Undoubtedly a winger, the left-footed Johnson plays on the right and looks to cut in very much like Arjen Robben of Bayern Munich. As such, Johnson didn’t stretch the play like his team needed someone to do, and although his end product was far from effective, he was still contributing more than Silva.

On hindsight, Mancini could’ve brought on Aleksander Kolarov, the left-sided wingback. Out of the whole Manchester City squad, Kolarov puts in the second-highest number of accurate crosses per league game, and would’ve definitely added more width than Johnson. Compare Kolarov’s 1.3 accurate crosses per league game with Johnson’s 0.6.

(Though Manchester City needed width, not necessarily crosses, the number of crosses a player makes is a good indication of the extent of width they offer their side.)

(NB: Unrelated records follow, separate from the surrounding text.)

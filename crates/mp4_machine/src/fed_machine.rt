//! A machine that is fed a stream in inputs, with what it keeps between them.

ghost use Rattle.std.specs.Prelude.{◌≡◌, ℕ, List, ◌≤◌, [], None, Some, Err, OnOk, max};
ghost use Rattle.mp4_machine.specs.Ends.{sent};
ghost use Rattle.mp4_machine.specs.FedMachines.{FeedsInput, Finishes, IsAfter, shown, unfed};
ghost use Rattle.mp4_machine.specs.Inputs.{IsBegun};
ghost use Rattle.mp4_machine.specs.Readings.{Reading};
ghost use Rattle.mp4_machine.specs.declared.stop.Stop.{Stop};

use crate::block::Block;
use crate::machine::{Machine, feed};
use crate::stop::Stop;
use mp4_ends::Sink;
use mp4_ledger::{EarlierPeak, Ledger};
use std::marker::Model;

/// A machine that is fed a stream in inputs, each with a writer of its own. After a stop it takes no more. It must be
/// spent by [`FedMachine::into_machine`], whose machine has still claimed what it holds.
pub struct FedMachine<M: Machine> {
    machine: M,
    /// Buffer for the writer of a call.
    block: Block,
    /// Why it stopped, if it did.
    stop: Option<Stop>,
    /// How many bytes are claimed.
    held: u64,
    /// The most that were claimed at once.
    peak: u64,
}

// A contract sees its machine, why it stopped, the most that it had claimed, and how many fragments are whole in its
// output.
impl<M: Machine> Model for FedMachine<M> {
    ghost use Rattle.mp4_machine.specs.FedMachines.{Fed, IsFed, shown};

    ghost Value = { Fed M };

    ghost view = { λ f. record
        { machine = f.machine; stop = f.stop; peak = f.peak; fragments = f.block.whole } };

    ghost invariant = { λ f. IsFed (shown M.continuation M.counted (record
        { machine = f.machine; stop = f.stop; peak = f.peak; fragments = f.block.whole }))
        f.held f.block };
}

/// Raises the peak of a ledger to what it was before the mark.
fn lift_back(ledger: &mut Ledger, earlier: EarlierPeak)
    requires { earlier ≤ ledger.old.limit }
    ensures { ledger.new ≡ record ledger.old { peak = max ledger.old.peak earlier } }
{
    ledger.lift(earlier);
}

impl<M: Machine> FedMachine<M> {
    /// A machine to which no byte has come.
    #[inline(always)]
    pub fn new(machine: M) -> FedMachine<M>
        requires { IsBegun (M.continuation machine) (M.counted machine) }
        ensures begun { result ≡ unfed machine }
        ensures after { IsAfter (M.continuation machine).reads
            (shown M.continuation M.counted result) [] }
    {
        FedMachine {
            machine,
            block: Block::new(),
            stop: None,
            held: 0,
            peak: 0,
        }
    }

    /// Its machine.
    #[inline(always)]
    pub fn machine(&self) -> &M
        ensures { result.now ≡ self.now.machine }
    {
        &self.machine
    }

    /// How many bytes it has claimed: nothing after a stop.
    #[inline(always)]
    pub fn held(&self) -> u64
        ensures held { result ≡ (M.continuation self.now.machine).claim }
        ensures most { result ≤ self.now.peak }
        ensures spent { (e : Stop) → self.now.stop ≡ Some e → result ≡ 0 }
    {
        self.held
    }

    /// Why it stopped, if it did.
    #[inline(always)]
    pub fn stop(&self) -> Option<Stop>
        ensures { result ≡ self.now.stop }
    {
        self.stop
    }

    /// The most bytes that it had claimed at once, whatever else its ledger serves.
    #[inline(always)]
    pub fn peak(&self) -> u64
        ensures { result ≡ self.now.peak }
    {
        self.peak
    }

    /// How many fragments are whole in its output.
    #[inline(always)]
    pub fn fragments(&self) -> u64
        ensures { result ≡ self.now.fragments }
    {
        self.block.whole()
    }

    /// Takes the next input of the stream, and writes all output that the bytes so far determine. An input without
    /// bytes changes nothing.
    ///
    /// # Errors
    ///
    /// `Stream` where the bytes so far break a rule, with everything before it written; `Write` where a write failed,
    /// with a prefix written; `OverLimit` and `Memory` where a claim was refused, with exactly the output of the bytes
    /// before that box written. Everything claimed is given back then, and each later call returns the same and writes
    /// nothing.
    #[inline(always)]
    pub fn feed<W: Sink>(
        &mut self,
        ledger: &mut Ledger,
        input: &[u8],
        w: &mut W,
    ) -> Result<(), Stop>
        requires { (M.continuation self.old.machine).claim ≤ ledger.old.live }
        ensures feeds { FeedsInput (shown M.continuation M.counted self.old)
            (shown M.continuation M.counted self.new) (M.task self.old.machine) (M.task self.new.machine)
            (sent W.contents W.has_failed w.old w.new) ledger.old ledger.new input.now result }
        ensures stopped { (e : Stop) → self.old.stop ≡ Some e → (result ≡ Err e) ×
            (self.new ≡ self.old) × (w.new ≡ w.old) × (ledger.new ≡ ledger.old) }
        ensures empty { input.now ≡ [] →
            (self.new ≡ self.old) × (w.new ≡ w.old) × (ledger.new ≡ ledger.old) }
    {
        if let Some(stop) = self.stop {
            return Err(stop);
        }
        if input.is_empty() {
            return Ok(());
        }
        self.advance(ledger, input, w)
    }

    /// Feeds its machine the next input, and counts the most that it claimed at once.
    ///
    /// # Errors
    ///
    /// As [`FedMachine::feed`].
    fn advance<W: Sink>(&mut self, ledger: &mut Ledger, input: &[u8], w: &mut W) -> Result<(), Stop>
        requires runs { self.old.stop ≡ None }
        requires claim { (M.continuation self.old.machine).claim ≤ ledger.old.live }
        ensures { FeedsInput (shown M.continuation M.counted self.old)
            (shown M.continuation M.counted self.new) (M.task self.old.machine) (M.task self.new.machine)
            (sent W.contents W.has_failed w.old w.new) ledger.old ledger.new input.now result }
    {
        let others = ledger.live() - self.held;
        let earlier = ledger.mark();
        let answer = feed(&mut self.machine, ledger, input, &mut self.block, w);
        self.held = ledger.live() - others;
        let most = ledger.peak();
        let own = most - others;
        self.peak = self.peak.max(own);
        lift_back(ledger, earlier);
        match answer {
            Ok(()) => Ok(()),
            Err(stop) => {
                self.stop = Some(stop);
                Err(stop)
            }
        }
    }

    /// What the end of the stream means here.
    ///
    /// # Errors
    ///
    /// `Stream` where a stream that ends here is at fault; and after a stop the same stop.
    #[inline(always)]
    pub fn ending(&self) -> Result<(), Stop>
        ensures finishes { (reads : List ℕ → Reading) (b : List ℕ) →
            IsAfter reads (shown M.continuation M.counted self.now) b → Finishes reads b result }
        ensures runs { OnOk result (self.now.stop ≡ None) }
        ensures stopped { (e : Stop) → self.now.stop ≡ Some e → result ≡ Err e }
    {
        if let Some(stop) = self.stop {
            return Err(stop);
        }
        match self.machine.finish() {
            Ok(()) => Ok(()),
            Err(fault) => Err(Stop::Stream(fault)),
        }
    }

    /// Its machine, which has still claimed what it holds.
    #[inline(always)]
    pub fn into_machine(self) -> M
        ensures { result ≡ self.machine }
    {
        let FedMachine {
            machine,
            block: _,
            stop: _,
            held: _,
            peak: _,
        } = self;
        machine
    }
}
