/// What those lines say, behind that of the world.
static TOLD_OF_EACH: [Told; 38] = [
    ("raw", [1, 0, 0, 0, 0]),
    ("ats", [10, 0, 0, 0, 0]),
    ("blk", [10, u64::MAX, 0, 0, 0]),
    ("ablk", [11, 0, 0, 0, 0]),
    ("medium", [10, 3, 0, 0, 0]),
    ("first", [10, 0, 0, 0, 0]),
    ("second", [10, 0, 0, 0, 0]),
    ("both", [10, 0, 0, 0, 0]),
    ("second", [10, 1, 0, 0, 0]),
    ("first48", [10, 0, 0, 0, 0]),
    ("second48", [10, 1, 0, 0, 0]),
    ("both48", [10, 0, 0, 0, 0]),
    ("grant", [1, 3, 5, 1, 0]),
    ("grant", [0xffffff, u64::MAX, 0, 0, 0]),
    ("release", [1, 3, 0, 0, 0]),
    ("detach", [10, 0, 0, 0, 0]),
    ("read", [1, 0x3ffc, 4, 0, 0]),
    ("write", [10, 0x3ffffff000, 2, 0xf1, 0]),
    ("aread", [10, 0x3ffc, 4, 0, 0]),
    ("awrite", [10, 0x3ffe, 2, 0xf1, 0]),
    ("tread", [11, 0x5000, 5, 0, 0]),
    ("twrite", [11, 0x5001, 1, 0xf1, 0]),
    ("ask", [10, 4503599627370495, 0, 0, 0]),
    ("forge", [11, u64::MAX, 0, 0, 0]),
    ("deliver", [0, 0, 0, 0, 0]),
    ("drop", [1, 0, 0, 0, 0]),
    ("repeat", [u64::MAX, 0, 0, 0, 0]),
    ("queue", [10, 8, 0x3000, u64::MAX, 0x30c0]),
    ("step", [10, 0, 0, 0, 0]),
    ("status", [11, 0, 0, 0, 0]),
    ("commit", [1, 0, 0, 0, 0]),
    ("fetch", [0, 0, 0, 0, 0]),
    ("poll", [0, 0, 0, 0, 0]),
    ("faults", [0, 0, 0, 0, 0]),
    ("poke", [0x5000, 2, 0xf1, 0, 0]),
    ("peek", [u64::MAX, u64::MAX, 0, 0, 0]),
    ("free", [63, 0, 0, 0, 0]),
    ("settle", [0, 0, 0, 0, 0]),
];

fn number_of(bytes: &Sequence<u8>) -> u64 {
    let mut number = 0u64;
    for byte in bytes.as_slice() {
        number = number.wrapping_mul(256).wrapping_add(u64::from(*byte));
    }
    number
}

fn stored(name: &'static str, device: u32, address: u64, bytes: &Sequence<u8>) -> Told {
    let count = bytes.as_slice().len() as u64;
    (
        name,
        [u64::from(device), address, count, number_of(bytes), 0],
    )
}

fn one(name: &'static str, number: u64) -> Told {
    (name, [number, 0, 0, 0, 0])
}

fn of_device(name: &'static str, device: u32, second: u64) -> Told {
    (name, [u64::from(device), second, 0, 0, 0])
}

fn read(name: &'static str, device: u32, address: u64, len: u64) -> Told {
    (name, [u64::from(device), address, len, 0, 0])
}

fn plugged(device: u32, new: NewDevice) -> Told {
    match new {
        NewDevice::Raw => of_device("raw", device, 0),
        NewDevice::Ats => of_device("ats", device, 0),
        NewDevice::Block { disk } => of_device("blk", device, disk),
        NewDevice::CachedBlock { disk } => of_device("ablk", device, disk),
    }
}

fn attached(device: u32, mode: Mode, ats: bool) -> Told {
    let name = match mode {
        Mode::First(Size::Sv39) => "first",
        Mode::Second(Size::Sv39) => "second",
        Mode::Both(Size::Sv39) => "both",
        Mode::First(Size::Sv48) => "first48",
        Mode::Second(Size::Sv48) => "second48",
        Mode::Both(Size::Sv48) => "both48",
    };
    of_device(name, device, u64::from(ats))
}

/// A call of the driver, or what else the event is.
fn reply(event: &Event) -> Told {
    match event {
        Event::Plug { device, new } => plugged(*device, *new),
        Event::Attach { device, mode, ats } => attached(*device, *mode, *ats),
        Event::Grant {
            device,
            page,
            frame,
            rights,
        } => {
            let is_writable = *rights == GrantRights::ReadWrite;
            (
                "grant",
                [u64::from(*device), *page, *frame, u64::from(is_writable), 0],
            )
        }
        Event::Release { device, page } => of_device("release", *device, *page),
        Event::Detach { device } => of_device("detach", *device, 0),
        Event::Fetch => one("fetch", 0),
        Event::Poll => one("poll", 0),
        Event::Faults => one("faults", 0),
        _ => told_of_access(event),
    }
}

/// An access, or what else the event is.
fn told_of_access(event: &Event) -> Told {
    match event {
        Event::Read {
            device,
            address,
            len,
        } => read("read", *device, *address, *len),
        Event::ReadThroughCache {
            device,
            address,
            len,
        } => read("aread", *device, *address, *len),
        Event::ReadTranslated {
            device,
            address,
            len,
        } => read("tread", *device, *address, *len),
        Event::Write {
            device,
            address,
            bytes,
        } => stored("write", *device, *address, bytes),
        Event::WriteThroughCache {
            device,
            address,
            bytes,
        } => stored("awrite", *device, *address, bytes),
        Event::WriteTranslated {
            device,
            address,
            bytes,
        } => stored("twrite", *device, *address, bytes),
        _ => told_of_message(event),
    }
}

/// What becomes of a message, or what else the event is.
fn told_of_message(event: &Event) -> Told {
    match event {
        Event::Ask { device, page } => of_device("ask", *device, page.number()),
        Event::Forge { device, serial } => of_device("forge", *device, *serial),
        Event::Deliver { place } => one("deliver", *place),
        Event::Drop { place } => one("drop", *place),
        Event::Repeat { place } => one("repeat", *place),
        Event::Commit { device } => of_device("commit", *device, 0),
        _ => told_of_others(event),
    }
}

/// What is left.
fn told_of_others(event: &Event) -> Told {
    match event {
        Event::Medium { device, disk } => of_device("medium", *device, *disk),
        Event::Queue {
            device,
            size,
            descriptors,
            available,
            used,
        } => (
            "queue",
            [u64::from(*device), *size, *descriptors, *available, *used],
        ),
        Event::Step { device } => of_device("step", *device, 0),
        Event::Status { device } => of_device("status", *device, 0),
        Event::Poke { address, bytes } => {
            let count = bytes.as_slice().len() as u64;
            ("poke", [*address, count, number_of(bytes), 0, 0])
        }
        Event::Peek { address, len } => ("peek", [*address, *len, 0, 0, 0]),
        Event::Free { frame } => one("free", *frame),
        _ => one("another", 0),
    }
}

/// An event, or that the world settles.
fn told_of_line(line: &ScriptLine) -> Told {
    match line {
        ScriptLine::Event(event) => reply(event),
        ScriptLine::Settle => one("settle", 0),
    }
}

/// Ends the test where a line isn't told so.
fn are_read(rt: &impl Abort, lines: &[ScriptLine], expected: &[Told]) {
    expect(rt, lines.len() == expected.len());
    for (line, (name, numbers)) in lines.iter().zip(expected.iter()) {
        let (told_name, told_numbers) = told_of_line(line);
        expect(rt, told_name == *name);
        expect(rt, told_numbers == *numbers);
    }
}

#[test]
fn each_line_is_read(rt: HostRuntime) {
    let script = script_of(&rt, rt.alloc(), EACH);
    are_read(&rt, script.lines.as_slice(), &TOLD_OF_EACH);
}

#[test]
fn a_script_may_settle_alone(rt: HostRuntime) {
    let script = script_of(&rt, rt.alloc(), b"world 64 1\nsettle\n");
    expect(&rt, is_world(script.world, 64, 1));
    are_read(&rt, script.lines.as_slice(), &[("settle", [0, 0, 0, 0, 0])]);
}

The other change Mancini could’ve made to create width, was to shift Richards back out to his usual right-back slot. Richards’ rampaging runs forward down the right flank have been a very strong feature of his game this season, and a crucial part of his team’s attack given their usual narrowness.

Zabaleta and Richards: switching them around could've increased City's width down the right

However, Mancini chose not to do so, and one could come to the conclusion that Mancini didn’t trust Zabaleta or Stefan Savic – the young central defender sitting on the bench who had already made quite a few major errors in defence this season – to partner Kolo Toure at centre-back.

Mancini often changes to a 3-5-2 system to provide additional width when chasing a game, but his lack of options in central defence – both Kompany and Lescott were injured as mentioned before – compounded with his reluctance to use Zabaleta and Savic there, led to him turning to other figures to rescue the match.

Carlos Tevez, decisive in the victory over Chelsea, was brought on in the 74th minute for Barry, as Mancini seemed to switch to a gungho 4-2-4 formation: Nasri and Yaya Toure formed the central midfield axis, with Tevez, Balotelli, Dzeko and Johnson roaming ahead of them.

Yaya Toure’s spectacular rasping drive was deflected off Shawcross and into the net, but Manchester City’s equaliser didn’t stem from any of the changes in personnel and tactics. In theory, Stoke’s players could’ve closed down Yaya Toure before he unleashed his blockbuster shot, but Pulis is unlikely to blame his players for not closing down an opposition player from a good 30 yards out.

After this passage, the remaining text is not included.